# General consensus on dosing weights



## @[email protected] (Apr 25, 2015)

I understand that it's all a bit subjective but can you explain the current consensus on grind weight. I understand the traditional weights are 7g single, 14 g double, 21 gram triple but from what I read most are using 17/18g baskets for a double. If 17 is the new 14, what weight would be a good starting point for a single, 9g?


----------



## The Systemic Kid (Nov 23, 2012)

Wouldn't bother single dosing.


----------



## Mrboots2u (May 10, 2013)

Depends on the taste preference you have

Think of weight s as proportional to the weigh in - a ratio that you can amend to what basket and dose you have

This might help a little

http://coffeeforums.co.uk/content.php?378-Espresso-and-Finding-A-Balanced-Cup-Brew-Ratios


----------



## Kyle548 (Jan 24, 2013)

The short answer is, no one does "single" and you may as well just think of espresso as "espresso".

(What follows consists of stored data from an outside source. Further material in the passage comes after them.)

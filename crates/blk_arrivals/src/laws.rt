//! A theorem on the scripts of captures, as the contract of a function that does nothing.

ghost use Rattle.std.specs.Prelude.{◌≡◌};
ghost use Rattle.blk_arrivals.specs.declared.terms.TheConstants.{USUAL_DEPTH, USUAL_SECTORS, USUAL_SEGMENTS, USUAL_SOFT_DEPTH};

/// What a script of a capture has where nobody says otherwise, by its numbers.
pub fn law_of_limits()
    ensures tags { USUAL_DEPTH ≡ 64 }
    ensures sectors { USUAL_SECTORS ≡ 2560 }
    ensures segments { USUAL_SEGMENTS ≡ 128 }
    ensures room_of_a_software_queue { USUAL_SOFT_DEPTH ≡ 64 }
{}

The long answer is, you can get "single" baskets, but dosing and actually pulling a single shot is that much effort that its actually use easier to pull a double and only collect one spout.

Basically, there are not many baskets that accept singles - singles are harder to grind and are harder to get consistent.

You also need to swap your grind from whatever to whatever you need for a single.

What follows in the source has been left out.